Giant language fashions (LLMs) utilized by English native authorities to help social employees could also be introducing gender bias into care selections, in keeping with analysis from London College of Economics and Political Science (LSE).
The research, printed within the journal BMC Medical Informatics and Determination Making, on 11 August 2025, discovered that Google’s widely-used AI mannequin ‘Gemma’ downplays ladies’s bodily and psychological points compared to males’s when used to generate and summarise case notes.
Phrases related to vital well being issues, similar to “disabled,” “unable,” and “advanced,” appeared considerably extra typically in descriptions of males than ladies.
Related care wants amongst ladies have been extra prone to be omitted or described in much less severe phrases.
Dr Sam Rickman, lead writer of the report, mentioned: “If social employees are counting on biased AI-generated summaries that systematically downplay ladies’s well being wants, they could assess in any other case equivalent circumstances in another way primarily based on gender quite than precise want.
“Since entry to social care is set by perceived want, this might end in unequal care provision for ladies.”
The research is the primary to quantitatively measure gender bias in LLM-generated case notes from real-world care information, utilizing each state-of-the-art and benchmark fashions, providing an evidence-based analysis of the dangers of AI in social care.
LLMs are more and more getting used to ease the executive workload of social employees and the general public sector, but it surely stays unclear which particular fashions are being deployed by councils and whether or not they could be introducing bias.
To research potential gender bias, Dr Rickman used massive language fashions to generate 29,616 pairs of summaries primarily based on actual case notes from 617 grownup social care customers.
Every pair described the identical particular person, with solely the gender swapped, permitting for a direct comparability of how female and male circumstances have been handled by the AI.

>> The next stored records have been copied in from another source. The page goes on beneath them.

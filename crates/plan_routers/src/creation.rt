//! Making a router, with or without a gateway.

ghost use Rattle.std.specs.Prelude.{◌≡◌, ◌+◌, ◌≤◌, ◌^◌, ◌∷◌, [], IfErr, IfOk, None, Some, not, option_and_then, true, unwrap_or};
ghost use Rattle.api_types.specs.Consistent.{IsConsistent};
ghost use Rattle.api_types.specs.Lists.{is_empty};
ghost use Rattle.api_types.specs.Printed.{NewRow};
ghost use Rattle.api_types.specs.Registration.{ident};
ghost use Rattle.api_types.specs.Table.{row_of};
ghost use Rattle.api_types.specs.WithRows.{with_added};
ghost use Rattle.api_types.specs.declared.kind.Row.TheVariants.{Router as RouterOf};
ghost use Rattle.api_types.specs.declared.port.PortRow.{PortRow as ThePort};
ghost use Rattle.api_types.specs.declared.router.RouterRow.{RouterRow as TheRouter};
ghost use Rattle.api_policy.specs.Reserved as reserved;
ghost use Rattle.call_parts.specs.Answers.{IsRefusalOf, Leads, Passes};
ghost use Rattle.call_parts.specs.Edits.{Add, made};
ghost use Rattle.call_parts.specs.InForm.{are_owners};
ghost use Rattle.plan_routers.specs.Plans.{first_body_refusal, first_standing_refusal};
ghost use Rattle.plan_routers.specs.RouterCalls as calls;
ghost use Rattle.plan_routers.specs.RouterCalls.{creation_refusal, gateway_edits, outer_taken, router_created, router_made, router_shown, router_with, with_gateway};

use crate::drawing::draw_new;
use crate::gateways::{gateway_network, snat_asked};
use crate::outer::{Outer, choose_outer, ensure_outer_free};
use crate::rows::new_router;
use crate::rules::{ensure_first_gateway_external, ensure_network_found};
use crate::service::gateway_port;
use api_policy::{admin_only, over_quota, router_for_admin};
use api_types::{Caller, Gateway, Id, Kind, NetworkRow, Refusal, RouterForm, RouterRow, Rows};
use call_parts::{Asking, Draft, Drawn, PlannedRow, are_unlike, invalid, owner};
use net_addr::{Copies, OutOfMemory, Text};
use std::alloc::Global;

/// What a gateway that is set has beside its network: the id that its port gets, and whether
/// sources are translated.
#[derive(Drop)]
pub(crate) struct GatewayBy {
    pub id: Id,
    pub snat: bool,
}

// Refuses what the body asks for that breaks a rule.
fn ensure_body_valid(
    alloc: Global,
    rows: &Rows,
    caller: &Caller,
    form: &RouterForm,
    owner: &Text,
) -> Result<(), Refusal>
    ensures { Passes (first_body_refusal rows.now caller.now form.now owner.now) result }
{
    if are_unlike(&form.project_id, &form.tenant_id) {
        return Err(invalid(alloc, "tenant_id"));
    }
    ensure_first_gateway_external(alloc, rows, caller, form, owner)?;
    ensure_network_found(alloc, rows, caller, form)
}

// Refuses the gateway that is asked for, where the address of its port is held.
fn ensure_named_outer_free(
    alloc: Global,
    rows: &Rows,
    caller: &Caller,
    form: &RouterForm,
) -> Result<(), Refusal>
    requires { IsConsistent rows.now }
    ensures { Passes
        (option_and_then (outer_taken rows.now)
        (calls.gateway_network rows.now caller.now form.now))
        result }
{
    match gateway_network(rows, caller, form) {
        Some(network) => ensure_outer_free(alloc, rows, network),
        None => Ok(()),
    }
}

// Refuses what the policy, the addresses that are held or the quota forbid.
fn ensure_allowed(
    alloc: Global,
    asking: &Asking<'_>,
    form: &RouterForm,
    owner: &Text,
) -> Result<(), Refusal>
    ensures { Passes
        (first_standing_refusal asking.now.settings asking.now.state.rows asking.now.caller form.now
        owner.now) result }
{
    let (rows, caller) = (asking.rows(), asking.caller());
    admin_only(caller, router_for_admin(caller, form))?;
    ensure_named_outer_free(alloc, rows, caller, form)?;
    over_quota(rows, asking.settings(), owner, Kind::Router)
}

fn ensure_creatable(
    alloc: Global,
    asking: &Asking<'_>,
    form: &RouterForm,
    owner: &Text,
) -> Result<(), Refusal>
    ensures { Passes
        (creation_refusal asking.now.settings asking.now.state.rows asking.now.caller form.now
        owner.now) result }
{
    ensure_body_valid(alloc, asking.rows(), asking.caller(), form, owner)?;
    ensure_allowed(alloc, asking, form, owner)
}

// The draft with the new router, which has the first id that was drawn.
fn add_bare(
    alloc: Global,
    asking: &Asking<'_>,
    drawn: Drawn,
    form: &RouterForm,
    owner: &Text,
) -> Result<PlannedRow<RouterRow>, OutOfMemory>
    requires within { drawn.first + 1 ≤ 2 ^ 62 }
    requires new { row_of (λ (r : TheRouter). r.id) (ident drawn.ordinal (drawn.first + 0))
        drawn.draft.rows.routers ≡ None }
    ensures start { IfOk result (λ p. p.draft.start ≡ drawn.draft.start) }
    ensures row { IfOk result
        (λ p. p.row
        ≡ calls.new_router asking.now.settings form.now owner.now
        (ident drawn.ordinal (drawn.first + 0))) }
    ensures rows { IfOk result (λ p. p.draft.rows ≡ with_added drawn.draft.rows (RouterOf p.row)) }
{
    let router = new_router(alloc, asking.settings(), form, owner, drawn.id(0))?;
    let kept = router.copy(alloc)?;
    Ok(PlannedRow {
        draft: drawn.draft.add(alloc, router)?,
        row: kept,
    })
}

// Where the creation leads of a router without a gateway.
fn make_bare(
    alloc: Global,
    asking: &Asking<'_>,
    form: &RouterForm,
    owner: &Text,
) -> Result<PlannedRow<RouterRow>, Refusal>
    requires { not (is_empty owner.now) ≡ true }
    ensures ok { IfOk result
        (λ p. Leads asking.now.state.rows
        (router_with asking.now.settings asking.now.state asking.now.caller form.now owner.now None)
        p.draft (λ after. NewRow (router_shown after asking.now.caller p.row []))) }
    ensures err { IfErr result
        (IsRefusalOf
        (router_with asking.now.settings asking.now.state asking.now.caller form.now owner.now
        None)) }
{
    let drawn = draw_new(alloc, asking, owner, 1)?;
    Ok(add_bare(alloc, asking, drawn, form, owner)?)
}

/// The draft with the port of a gateway that is set, and with the router that has it. Its cost
/// grows with the routers and the hosts.
pub(crate) fn set_gateway(
    alloc: Global,
    asking: &Asking<'_>,
    draft: Draft,
    router: RouterRow,
    network: &NetworkRow,
    by: GatewayBy,
    outer: Outer,
) -> Result<PlannedRow<RouterRow>, OutOfMemory>
    requires { row_of (λ (p : ThePort). p.id) by.id draft.rows.ports ≡ None }
    ensures start { IfOk result (λ p. p.draft.start ≡ draft.start) }
    ensures row { IfOk result (λ p. p.row ≡ with_gateway router network.now.id by.id by.snat) }
    ensures rows { IfOk result
        (λ p. p.draft.rows
        ≡ made draft.rows
        (gateway_edits router
        (calls.gateway_port asking.now.settings router network.now by.id outer.mac outer.fixed)
        by.snat)) }
{
    let GatewayBy { id, snat } = by;
    let Outer { fixed, mac } = outer;
    let port = gateway_port(alloc, asking, &router, network, id, mac, fixed)?;
    let mut router = router;
    router.gateway = Some(Gateway {
        network: network.id,
        port: id,
        snat,
    });
    let draft = draft.add(alloc, port)?;
    let draft = draft.put(alloc, router.copy(alloc)?)?;
    Ok(PlannedRow { draft, row: router })
}

// The draft with the new router.
fn add_row(alloc: Global, draft: Draft, router: &RouterRow) -> Result<Draft, OutOfMemory>
    requires { row_of (λ (r : TheRouter). r.id) router.now.id draft.rows.routers ≡ None }
    ensures start { IfOk result (λ d. d.start ≡ draft.start) }
    ensures rows { IfOk result (λ d. d.rows ≡ with_added draft.rows (RouterOf router.now)) }
{
    draft.add(alloc, router.copy(alloc)?)
}

// The draft with the new router and its gateway, by the two ids that were drawn.
fn add_with_gateway(
    alloc: Global,
    asking: &Asking<'_>,
    drawn: Drawn,
    form: &RouterForm,
    owner: &Text,
    network: &NetworkRow,
    outer: Outer,
) -> Result<PlannedRow<RouterRow>, OutOfMemory>
    requires within { drawn.first + 2 ≤ 2 ^ 62 }
    requires new_router { row_of (λ (r : TheRouter). r.id)
        (ident drawn.ordinal (drawn.first + 0)) drawn.draft.rows.routers ≡ None }
    requires new_port { row_of (λ (p : ThePort). p.id) (ident drawn.ordinal (drawn.first + 1))
        drawn.draft.rows.ports ≡ None }
    ensures start { IfOk result (λ p. p.draft.start ≡ drawn.draft.start) }
    ensures row { let router : TheRouter = calls.new_router asking.now.settings form.now owner.now
        (ident drawn.ordinal (drawn.first + 0)) in
        IfOk result
        (λ p. p.row
        ≡ with_gateway router network.now.id (ident drawn.ordinal (drawn.first + 1))
        (unwrap_or (reserved.snat_asked form.now) true)) }
    ensures rows { let router : TheRouter = calls.new_router asking.now.settings form.now owner.now
        (ident drawn.ordinal (drawn.first + 0)) in
        IfOk result
        (λ p. p.draft.rows
        ≡ made drawn.draft.rows
        (Add (RouterOf router)
        ∷ gateway_edits router
        (calls.gateway_port asking.now.settings router network.now
        (ident drawn.ordinal (drawn.first + 1)) outer.mac outer.fixed)
        (unwrap_or (reserved.snat_asked form.now) true))) }
{
    let Drawn {
        draft,
        ordinal,
        first,
    } = drawn;
    let router = new_router(
        alloc,
        asking.settings(),
        form,
        owner,
        Id::make(ordinal, first),
    )?;
    let draft = add_row(alloc, draft, &router)?;
    let id = Id::make(ordinal, first + 1);
    let snat = snat_asked(form).unwrap_or(true);
    let by = GatewayBy { id, snat };
    set_gateway(alloc, asking, draft, router, network, by, outer)
}

// Where the creation leads of a router with a gateway on the network.
fn make_with_gateway(
    alloc: Global,
    asking: &Asking<'_>,
    form: &RouterForm,
    owner: &Text,
    network: &NetworkRow,
) -> Result<PlannedRow<RouterRow>, Refusal>
    requires { not (is_empty owner.now) ≡ true }
    ensures ok { IfOk result
        (λ p. Leads asking.now.state.rows
        (router_with asking.now.settings asking.now.state asking.now.caller form.now owner.now
        (Some network.now)) p.draft
        (λ after. NewRow (router_shown after asking.now.caller p.row []))) }
    ensures err { IfErr result
        (IsRefusalOf
        (router_with asking.now.settings asking.now.state asking.now.caller form.now owner.now
        (Some network.now))) }
{
    let outer = choose_outer(alloc, asking.rows(), network)?;
    let drawn = draw_new(alloc, asking, owner, 2)?;
    Ok(add_with_gateway(alloc, asking, drawn, form, owner, network, outer)?)
}

// The plan of the creation of a router that the project is to own.
fn make_router(
    alloc: Global,
    asking: &Asking<'_>,
    form: &RouterForm,
    owner: &Text,
) -> Result<PlannedRow<RouterRow>, Refusal>
    requires { not (is_empty owner.now) ≡ true }
    ensures ok { IfOk result
        (λ p. Leads asking.now.state.rows
        (router_made asking.now.settings asking.now.state asking.now.caller form.now owner.now)
        p.draft (λ after. NewRow (router_shown after asking.now.caller p.row []))) }
    ensures err { IfErr result
        (IsRefusalOf
        (router_made asking.now.settings asking.now.state asking.now.caller form.now owner.now)) }
{
    ensure_creatable(alloc, asking, form, owner)?;
    match gateway_network(asking.rows(), asking.caller(), form) {
        Some(network) => make_with_gateway(alloc, asking, form, owner, network),
        None => make_bare(alloc, asking, form, owner),
    }
}

/// The plan of a router's creation, or why it is refused. Its cost and memory grow with the
/// routers, the policies, the projects and the hosts, and with a gateway with the subnets, and with
/// the ports and their addresses.
pub fn create_router(
    alloc: Global,
    asking: &Asking<'_>,
    form: &RouterForm,
) -> Result<PlannedRow<RouterRow>, Refusal>
    requires named { not (is_empty asking.now.caller.project) ≡ true }
    requires owners { are_owners form.now.project_id form.now.tenant_id ≡ true }
    ensures ok { IfOk result
        (λ p. Leads asking.now.state.rows
        (router_created asking.now.settings asking.now.state asking.now.caller form.now) p.draft
        (λ after. NewRow (router_shown after asking.now.caller p.row []))) }
    ensures err { IfErr result
        (IsRefusalOf
        (router_created asking.now.settings asking.now.state asking.now.caller form.now)) }
{
    let owner = owner(asking.caller(), &form.project_id, &form.tenant_id);
    make_router(alloc, asking, form, owner)
}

The evaluation revealed statistically vital gender variations in how bodily and psychological well being points have been described.
Among the many fashions examined, Google’s AI mannequin, Gemma, exhibited extra pronounced gender-based disparities than benchmark fashions developed by both Google or Meta in 2019.
Meta’s Llama 3 mannequin – which is of the identical technology as Google’s Gemma – didn’t use completely different language primarily based on gender.
Dr Rickman mentioned: “Giant language fashions are already getting used within the public sector, however their use should not come on the expense of equity.
“Whereas my analysis highlights points with one mannequin, extra are being deployed on a regular basis making it important that every one AI techniques are clear, rigorously examined for bias and topic to strong authorized oversight.”
The analysis, carried out by LSE’s Care Coverage and Analysis Centre, was funded by the Nationwide Institute for Well being and Care Analysis.
Google mentioned that its groups will study the findings of the report.
In the meantime, OpenAI has introduced modifications to the way in which that ChatGPT interacts with customers, following analysis which discovered that LLMs can introduce biases and failures which can be dangerous to psychological well being.